Eine genaue Textanalyse schließt an.
Inhaltsverzeichnis
1. Einleitung
1.1. Pop-Literatur und Adoleszenzroman
2. Hauptteil
2.1 Struktur
2.2 Sprache und Stil
3. Anne Strelau
3.1 Annes Beziehung zu sich selbst
3.1.1 Annes Verständnis von Liebe und Sexualität
3.1.2 Annes Verhältnis zu ihrem Körper
3.2 Anne in ihrer Familie
3.2.1 Annes Beziehung zu ihrer Mutter
3.2.2 Annes Beziehung zu ihrer Vater
3.2.3 Annes Beziehung zu ihrer Schwester
3.3.Annes Beziehung zu ihren Freunden
4. Intertextuelle Bezüge im Roman
5. Fazit
Zielsetzung & Themen der Arbeit
Die vorliegende Arbeit untersucht das intertextuelle Verhältnis zwischen Karen Duves Roman „Dies ist kein Liebeslied“ und den klassischen Bildungsromanen „Die Leiden des jungen Werther“ von Johann Wolfgang Goethe sowie „Der arme Heinrich“ von Hartmann von Aue.

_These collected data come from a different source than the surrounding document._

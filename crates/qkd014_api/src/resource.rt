ghost use Rattle.std.specs.Prelude.{◌≡◌, ◌≤◌, length};
ghost use Rattle.qkd014_api.specs.Resources.{mark_of, path_in, query_in, sae_part};

/// A resource of the interface (ETSI GS QKD 014 V1.1.1, section 5).
#[derive(Clone, Copy, Debug, PartialEq, Eq)]
pub(crate) enum Resource {
    Status,
    EncKeys,
    DecKeys,
}

// How many octets of a path stand before the application's ID: those of `/api/v1/keys/`.
const FRONT: usize = 13;

impl Resource {
    ghost use Rattle.qkd014_api.specs.Resources.{serves, tail_len};

    // How many octets of a path follow the application's ID.
    fn tail(self) -> usize
        ensures { result ≡ tail_len self }
    {
        match self {
            Resource::Status => 7,
            Resource::EncKeys | Resource::DecKeys => 9,
        }
    }

    /// Whether the resource serves a method.
    pub(crate) fn serves(self, method: &[u8]) -> bool
        ensures { result ≡ serves self method.now }
    {
        method == b"GET".as_slice() || (method == b"POST".as_slice() && self != Resource::Status)
    }
}

// The index of the `?` in a target, or the target's length.
fn mark(target: &[u8]) -> usize
    ensures place { result ≡ mark_of target.now }
    ensures within { result ≤ length target.now }
{
    for (place, b) in target.iter().enumerate() {
        if *b == b'?' {
            return place;
        }
    }
    target.len()
}

/// The part of a target before `?`.
pub(crate) fn path(target: &[u8]) -> &[u8]
    ensures { result.now ≡ path_in target.now }
{
    &target[..mark(target)]
}

/// The part of a target after `?`.
pub(crate) fn query(target: &[u8]) -> &[u8]
    ensures { result.now ≡ query_in target.now }
{
    let mark = mark(target);
    if mark == target.len() {
        &[]
    } else {
        &target[mark + 1..]
    }
}

/// The part of a path that is an application's ID.
pub(crate) fn sae_part(path: &[u8], resource: Resource) -> &[u8]
    ensures { result.now ≡ sae_part path.now resource }
{
    let tail = resource.tail();
    if path.len() < FRONT + tail {
        &[]
    } else {
        &path[FRONT..path.len() - tail]
    }
}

- Analyse des Genres Pop-Literatur und Adoleszenzroman
- Untersuchung der psychologischen Entwicklung und Selbstwahrnehmung der Protagonistin Anne Strelau
- Einfluss familiärer Strukturen und sozialer Umfelder auf das Individuum
- Intertextuelle Vergleiche und Parallelen zwischen den literarischen Werken
Auszug aus dem Buch
2.2 Sprache und Stil
„Dies ist kein Liebeslied gehört zu jener aggressiven Art Literatur, die vor allem trügerisch ist … vulgär, spielerisch und subversiv.“ (Finger 1999, oA) Die Sprache, die die Autorin ihrer Protagonistin verleiht, ist eher schnoddrig und brutal. Karen Duve übertreibt, kontrastiert und überzeichnet, dabei setzt sie Stilmittel wie z.B. Metaphern, Paradoxen und Antithesen ein. Sie verwendet Kombinationen, die der Leser nicht erwartet. (Diesmal brach ich ihm nicht das Herz, sondern bloß das Schlüsselbein. 45) Brechen wird hier als Metapher angewandt, zum einen für das Brechen des Schlüsselbeins zum anderen für das gebrochene Herz. Sie verwendet einfache Satzkonstruktionen, die sie mit unerwarteten sprachlichen Ausreißern kombiniert.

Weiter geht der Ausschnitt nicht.